Study in middle-aged women 'does not support' long-term use of sleep medications
Middle-aged women enrolled in a large retrospective cohort study reported similar rates of sleep disturbances after 1 and 2 years of starting sleep medications, according to findings published in BMJ Open.
The results of the study indicate that “the effectiveness of long-term sleep medication use should be re-examined,” according to the researchers.
“While sleep medications are recommended for short courses, sleep disturbances may be chronic and many patients use these agents for long periods, sometimes intermittently and other times nightly,” Daniel H. Solomon, MD, MPH, and colleagues wrote. “Thus, data from typical practice would be useful for patients and clinicians if it included sleep medications used over several months in populations of patients with sleep disturbances; we found no such studies in the literature.”
Solomon — chief of the section of clinical sciences at Brigham and Women’s Hospital and professor of medicine at Harvard Medical School — and colleagues examined the impact of prescription sleep medications on patient-reported sleep disturbances among a group of “racially and ethnically diverse middle-aged women,” according to the study results. The researchers specifically looked at trouble commencing sleep, repeated waking and early morning awakening during the preceding 2 weeks. They examined these differences with a five-point Likert scale that ranged from no difficulty with sleep on any night (rating of 1) to difficulty with sleep on five or more nights (rating of 5) and compared sleep disturbances at 1 year and at 2 years of follow-up. Sleep disturbances at 1 year served as the study’s primary outcome.
The researchers enrolled women who, at baseline, self-reported sleep disturbances but did not report “prevalent” use of sleep medications. They matched women who later began using sleep medications on a propensity score with women who did not and followed them all for 1 to 2 years, conducting annual evaluations of sleep disturbances.
The analysis included 238 women who began using sleep medications and 447 women who did not, according to the study results. More than half of the women in the study were white (57.5%); the study also included Black (23.1%), Japanese (9.2%), Chinese (6.6%) and Hispanic (3.7%) women. The mean age of participants was 49.5 years.
Solomon and colleagues found that sleep disturbance ratings at baseline were similar across both groups. Medication users had a mean score of 2.7 for difficulty initiating sleep (95% CI, 2.5-2.9), 3.8 for waking often (95% CI, 3.6-3.9) and 2.8 for early morning waking (95% CI 2.6-3). Ratings among women who did not use sleep medications were 2.6 for difficulty initiating sleep (95% CI, 2.5-2.7), 3.7 for waking often (95% CI, 3.6-3.9) and 2.7 for early morning waking (95% CI, 2.6-2.8).
Additionally, the researchers found no statistical significance in the changes reported at 1 year and no differences between women using medication and women who were not.
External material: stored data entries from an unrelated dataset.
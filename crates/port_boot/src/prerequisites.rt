// What laws of the crates below say of this crate's accesses, for its proofs. Nothing comes of calling it.
ghost use Rattle.port_boot.specs.Laws.{Laws};

use adapter::laws::law_port_access_is_steps_then_port_effect;
use disk_page::laws::law_page_request_spares_other_ports;
use port_control::laws::law_engine_evidence_shows_in_longer_traces;
use refinement::access_kinds::{
    law_access_kinds_satisfy_fragment_laws, law_port_register_accesses_are_of_port,
};
use refinement::fragments::{
    law_other_ports_are_untouched, law_port_without_command_gains_no_move,
    law_tapes_satisfy_tape_laws,
};
use refinement::laws::law_writes_but_ci_stay_permitted;
use refinement::port_facts::{
    law_adapter_stays_same_and_on_until_ghc_write, law_clear_error_bits_stay_clear,
    law_det_3_means_up_for_start_if_no_disk_came, law_started_port_without_trouble_runs_well,
    law_tape_and_tfd_keep_faults_since_st, law_undisturbed_has_no_error_or_plug,
};
use refinement::recovering::law_halt_fits_taken_until_pxcmd_written;
use std::marker::Brand;

/// The laws that the proofs of this crate rest on.
pub fn law_prerequisites()
    ensures { Laws }
{
    law_port_access_is_steps_then_port_effect();
    law_adapter_stays_same_and_on_until_ghc_write();
    law_clear_error_bits_stay_clear();
    law_tape_and_tfd_keep_faults_since_st();
    law_det_3_means_up_for_start_if_no_disk_came();
    law_undisturbed_has_no_error_or_plug();
    law_started_port_without_trouble_runs_well();
    law_access_kinds_satisfy_fragment_laws::<Brand>();
    law_port_register_accesses_are_of_port::<Brand>();
    law_writes_but_ci_stay_permitted();
    law_halt_fits_taken_until_pxcmd_written();
    law_other_ports_are_untouched();
    law_tapes_satisfy_tape_laws();
    law_port_without_command_gains_no_move();
    law_page_request_spares_other_ports();
    law_engine_evidence_shows_in_longer_traces();
}
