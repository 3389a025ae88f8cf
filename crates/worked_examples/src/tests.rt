// The tests, by what they are of.
mod block_machine_calls;
mod boots;
mod command_lines;
mod command_tables;
mod disk_pages;
mod dues_and_disks;
mod error_logs;
mod frame_information_structures;
mod frame_loans;
mod full_books;
mod ranges;
mod registers;
mod requests_of_clients;
mod scripts;
mod told_steps;
mod trim_blocks;
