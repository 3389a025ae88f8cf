//! Tests of the public calls of the lower libraries, of the modelled adapter, and of disks' pages.
//!
//! Values, bytes, texts and answers come from outside. They stand here since a crate with tests is
//! proved twice. There is no other code, and nothing uses it.
#![tactic(auto)]

#[cfg(test)]
mod tests;
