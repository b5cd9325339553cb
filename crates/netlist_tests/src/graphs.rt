//! Circuits that are worked out by hand.

mod covers;
mod in_order;
mod nets;

use net_core::{Graph, Lit, lit_value};
use samples::{SampleFault, graph};
use std::alloc::{AllocError, Global};
use std::test::Fail;

/// A: output 0 is the AND of its two inputs, output 1 its first input.
fn first(alloc: Global) -> Result<Graph, SampleFault> {
    graph(alloc, 2, &[(2, 4)], &[6, 2])
}

// Whether the signals of A are these on two inputs.
fn evaluates_to(graph: &Graph, a: bool, b: bool, conjunction: bool) -> bool {
    if (graph.inputs() != 2) | (graph.signals() != 4) {
        return false;
    }
    let mut values = [false; 4];
    graph.eval_into([a, b].as_slice(), values.as_mut_slice());
    (values == [false, a, b, conjunction])
        & (lit_value(values.as_slice(), Lit(7)) != conjunction)
        & lit_value(values.as_slice(), Lit(1))
}

#[test]
fn evaluates(rt: HostRuntime) -> Result<(), Fail> {
    let graph = first(rt.alloc())?;
    for (a, b, conjunction) in [
        (false, false, false),
        (false, true, false),
        (true, false, false),
        (true, true, true),
    ] {
        assert!(rt; evaluates_to(&graph, a, b, conjunction), "at {a} {b}");
    }
    Ok(())
}

/// Gate 0 is the AND of the inputs, gate 1 reads it and input 0, and gate 2 reads input 1 alone.
fn three_gates(alloc: Global) -> Result<Graph, SampleFault> {
    graph(alloc, 2, &[(2, 4), (7, 2), (4, 4)], &[8, 11, 6, 3, 1])
}

fn has_cone(alloc: Global, graph: &Graph, output: u32, gates: &[u32]) -> Result<bool, AllocError> {
    if output as usize >= graph.outputs().len() {
        return Ok(false);
    }
    Ok(graph.cone(alloc, output)?.as_slice() == gates)
}

// The outputs of these gates, each with the gates of its cone.
static CONES: [(u32, &[u32]); 5] = [(0, &[0, 1]), (1, &[2]), (2, &[0]), (3, &[]), (4, &[])];

#[test]
fn lists_cones(rt: HostRuntime) -> Result<(), Fail> {
    let graph = three_gates(rt.alloc())?;
    for (output, gates) in CONES.iter() {
        assert!(rt;
            has_cone(rt.alloc(), &graph, *output, gates)?,
            "at {output}"
        );
    }
    Ok(())
}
They also reported “consistent” follow-up results at 2 years, with no statistically significant decreases in sleep disturbances among women using medication compared with women who were not.
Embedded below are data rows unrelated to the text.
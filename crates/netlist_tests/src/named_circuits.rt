//! Graphs with names, for the tests of what is written of ports.

ghost use Rattle.std.specs.Prelude.{◌≡◌, IfOk, length};

use items::Items;
use net_core::Graph;
use net_file::{Name, Named};
use std::alloc::{AllocError, Global};

fn names(alloc: Global, texts: &[&[u8]]) -> Result<Items<Name>, AllocError>
    ensures { IfOk result (λ names. length names ≡ length texts.now) }
{
    let mut names = Items::new(alloc);
    for text in texts.iter() {
        names.push(Items::from_slice(alloc, text)?)?;
    }
    Ok(names)
}

/// The graph with these names of its ports.
pub(crate) fn named(
    alloc: Global,
    graph: Graph,
    inputs: &[&[u8]],
    outputs: &[&[u8]],
) -> Result<Named, AllocError>
    requires inputs { length inputs.now ≡ graph.inputs }
    requires outputs { length outputs.now ≡ length graph.outputs }
{
    Ok(Named {
        graph,
        input_names: names(alloc, inputs)?,
        output_names: names(alloc, outputs)?,
    })
}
Most data regarding the efficacy of sleep medications are derived from short-term studies in the range of 2 to 12 weeks, despite that these agents “appear to be used over the long-term by many patients,” according to Solomon and colleagues.
“While there are good data from [randomized controlled trials] that these medications improve sleep disturbances in the short term, the results we present here represent some of the only data on these medications’ long-term impact on sleep,” the researchers wrote. “The lack of benefit observed in the current study suggests that when physicians begin prescribing these medicines, they should discuss with patients that many patients continue them long-term, and that there is scant evidence demonstrating benefit to using these medicines beyond several months.”
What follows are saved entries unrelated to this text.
//! A multiplexer and a parity, worked out by hand, and an exclusive or on as many words as fill blocks of eight or
//! don't.

use net_core::Graph;
use rand_core::Rng;
use rand_pcg::Lcg64Xsh32;
use samples::{SampleFault, graph};
use std::alloc::{AllocError, Global};
use std::simd::prelude::*;
use std::test::Fail;
use word_sim::Tri::{One, X, Zero};
use word_sim::{Rails, Tri, Words, and_lanes, rails_eval, simulate, tri_eval};

/// Of inputs a, b and s: `if s { a } else { b }`, the parity of a and b, and the constant 1.
fn sample(alloc: Global) -> Result<Graph, SampleFault> {
    let gates = [(2, 6), (4, 7), (9, 11), (2, 5), (3, 4), (15, 17)];
    graph(alloc, 3, gates.as_slice(), &[13, 19, 1])
}

// Writes a row of three columns at a word. Whether the table has room for it.
fn write_row(row: &[u64; 3], word: usize, words: &mut Words) -> bool {
    for column in 0..3u32 {
        if word >= words.words() || column as usize >= words.columns() {
            return false;
        }
        words.set(column, word, row[column as usize]);
    }
    true
}

// Writes the rows of three columns, a row for each word. Whether the table has room for them.
fn write_rows(rows: &[[u64; 3]], words: &mut Words) -> bool {
    for (word, row) in rows.iter().enumerate() {
        if !write_row(row, word, words) {
            return false;
        }
    }
    true
}

/// The words of a row.
fn row(words: &Words, word: usize) -> Option<[u64; 3]> {
    if words.columns() != 3 || word >= words.words() {
        return None;
    }
    Some([words.get(0, word), words.get(1, word), words.get(2, word)])
}

fn has_rows(words: &Words, rows: &[[u64; 3]]) -> bool {
    for (word, expected) in rows.iter().enumerate() {
        if row(words, word) != Some(*expected) {
            return false;
        }
    }
    words.words() == rows.len()
}

// Whether the rows of the outputs are these where those of the inputs are these.
fn simulates_to(
    alloc: Global,
    circuit: &Graph,
    inputs: &Words,
    outputs: &[[u64; 3]],
) -> Result<bool, AllocError> {
    if inputs.columns() != circuit.inputs() as usize {
        return Ok(false);
    }
    let found = simulate(alloc, circuit, inputs)?;
    Ok(has_rows(&found, outputs))
}

#[test]
fn simulates_words(rt: HostRuntime) -> Result<(), Fail> {
    let circuit = sample(rt.alloc())?;
    let (a, b, s) = (0xaaaa, 0xcccc, 0xf0f0_0000_0000_f0f0);
    let mut words = Words::new(rt.alloc(), 3, 3)?;
    let inputs = [[0, 0, 0], [a, b, s], [u64::MAX, 0, u64::MAX]];
    let has_room = write_rows(inputs.as_slice(), &mut words);
    let outputs = [
        [0, 0, u64::MAX],
        [0xacac, 0x6666, u64::MAX],
        [u64::MAX, u64::MAX, u64::MAX],
    ];
    let are_outputs = simulates_to(rt.alloc(), &circuit, &words, outputs.as_slice())?;
    assert_eq!(rt; (has_room, are_outputs), (true, true));
    Ok(())
}

/// The exclusive or of two inputs.
fn exclusive_or(alloc: Global) -> Result<Graph, SampleFault> {
    let gates = [(2, 5), (3, 4), (7, 9)];
    graph(alloc, 2, gates.as_slice(), &[11])
}

// Gives each word of two columns another value.
fn draw(words: &mut Words) {
    let mut generator = Lcg64Xsh32::new(3, 54);
    for word in 0..words.words() {
        if words.columns() == 2 && word < words.words() {
            words.set(0, word, generator.next_u64());
            words.set(1, word, generator.next_u64());
        }
    }
}

// Whether each word of the only output is the exclusive or of the two inputs' words.
fn are_exclusive_ors(inputs: &Words, outputs: &Words) -> bool {
    if inputs.columns() != 2 || outputs.columns() != 1 || outputs.words() != inputs.words() {
        return false;
    }
    for word in 0..inputs.words() {
        if inputs.get(0, word) ^ inputs.get(1, word) != outputs.get(0, word) {
            return false;
        }
    }
    true
}

// Whether the outputs of an exclusive or are right on drawn words.
fn simulates_exclusive_or(
    alloc: Global,
    circuit: &Graph,
    words: usize,
) -> Result<bool, AllocError> {
    let mut inputs = Words::new(alloc, 2, words)?;
    draw(&mut inputs);
    if inputs.columns() != circuit.inputs() as usize {
        return Ok(false);
    }
    let outputs = simulate(alloc, circuit, &inputs)?;
    Ok(are_exclusive_ors(&inputs, &outputs))
}

// No word, less than a block, a block, and one or two with a rest.
static COUNTS: [usize; 6] = [0, 1, 7, 8, 9, 17];

#[test]
fn simulates_blocks_and_the_rest(rt: HostRuntime) -> Result<(), Fail> {
    let circuit = exclusive_or(rt.alloc())?;
    for words in COUNTS.iter() {
        assert!(rt;
            simulates_exclusive_or(rt.alloc(), &circuit, *words)?,
            "at {words}"
        );
    }
    Ok(())
}

#[test]
fn ands_each_lane(rt: HostRuntime) -> Result<(), Fail> {
    let places = u64x8::from_array([0, 1, 2, 3, 4, 5, 6, 7]);
    let inverted = [
        18_446_744_073_709_551_615,
        18_446_744_073_709_551_614,
        18_446_744_073_709_551_613,
        18_446_744_073_709_551_612,
        18_446_744_073_709_551_611,
        18_446_744_073_709_551_610,
        18_446_744_073_709_551_609,
        18_446_744_073_709_551_608,
    ];
    let found = and_lanes(places, true, u64x8::splat(u64::MAX), false).to_array();
    assert_eq!(rt; found.as_slice(), inverted.as_slice());
    Ok(())
}

fn evaluates_to(
    alloc: Global,
    circuit: &Graph,
    inputs: &[Tri],
    outputs: &[Tri],
) -> Result<bool, AllocError> {
    if inputs.len() != circuit.inputs() as usize {
        return Ok(false);
    }
    let values = tri_eval(alloc, circuit, inputs)?;
    Ok(values.as_slice() == outputs)
}

// Values of the inputs, and the outputs by them.
static VALUES: [(&[Tri], &[Tri]); 5] = [
    (&[One, One, X], &[X, Zero, One]),
    (&[One, X, One], &[One, X, One]),
    (&[Zero, X, One], &[Zero, X, One]),
    (&[X, Zero, Zero], &[Zero, X, One]),
    (&[Zero, One, Zero], &[One, One, One]),
];

#[test]
fn evaluates_by_three_values(rt: HostRuntime) -> Result<(), Fail> {
    let circuit = sample(rt.alloc())?;
    for (inputs, outputs) in VALUES.iter() {
        assert!(rt;
            evaluates_to(rt.alloc(), &circuit, inputs, outputs)?,
            "at {inputs:?}"
        );
    }
    Ok(())
}

fn has_rails(outputs: &[Rails], expected: &[(u64x8, u64x8)]) -> bool {
    for (rails, (ones, zeros)) in outputs.iter().zip(expected.iter()) {
        if rails.ones != *ones || rails.zeros != *zeros {
            return false;
        }
    }
    outputs.len() == expected.len()
}

// Whether the outputs have these rails where the inputs have those.
fn evaluates_rails_to(
    alloc: Global,
    circuit: &Graph,
    inputs: &[Rails],
    expected: &[(u64x8, u64x8)],
) -> Result<bool, AllocError> {
    if inputs.len() != circuit.inputs() as usize {
        return Ok(false);
    }
    let outputs = rails_eval(alloc, circuit, inputs)?;
    Ok(has_rails(&outputs, expected))
}

#[test]
fn evaluates_three_values_on_blocks(rt: HostRuntime) -> Result<(), Fail> {
    let circuit = sample(rt.alloc())?;
    let a = u64x8::from_array([0, 1, 2, 3, 4, 5, 6, u64::MAX]);
    let (none, all) = (u64x8::splat(0), u64x8::splat(u64::MAX));
    let inputs = [Rails::known(a), Rails::unknown(), Rails::known(all)];
    // a is chosen, its parity with an unknown bit is unknown, and the constant is known
    let expected = [(a, !a), (none, none), (all, none)];
    let is_right = evaluates_rails_to(
        rt.alloc(),
        &circuit,
        inputs.as_slice(),
        expected.as_slice(),
    )?;
    assert!(rt; is_right);
    Ok(())
}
The current results also raise a “broader issue” for clinicians to consider in prescribing these medications “when their expected use differs substantially from the [randomized controlled trial] evidence,” Solomon and colleagues noted.
“Without evidence from [randomized controlled trials] demonstrating the benefit of a given type of drug in a given patient population using the drug for a similar duration, clinicians lack the necessary information to prescribe appropriately,” the researchers wrote. “Real-world data, or data from observational cohorts such as what we present here, provide important opportunities for looking at the way drugs may actually be used in typical practice.”
The researchers acknowledged several limitations of the present study, including the use of self-reported sleep disturbances, the lack of randomization regarding sleep medication use and no data regarding daytime consequences of sleep disturbances, among others. However, they also described the study’s strengths, including the inclusion of a cohort of women “during a high-risk period for sleep disturbance.”
“The current observational study does not support use of sleep medications over the long term, as there were no self-reported differences at 1 or 2 years of follow-up comparing sleep medication users with non-users,” Solomon and colleagues wrote. “While some small percentage of patients with sleep disturbances may receive benefit from using these medications over several years, the lack of benefit associated with use of sleep medications in the population studied after 1 and 2 years should help inform clinicians and patients considering initiating pharmacological treatment for midlife women who have sleep complaints.”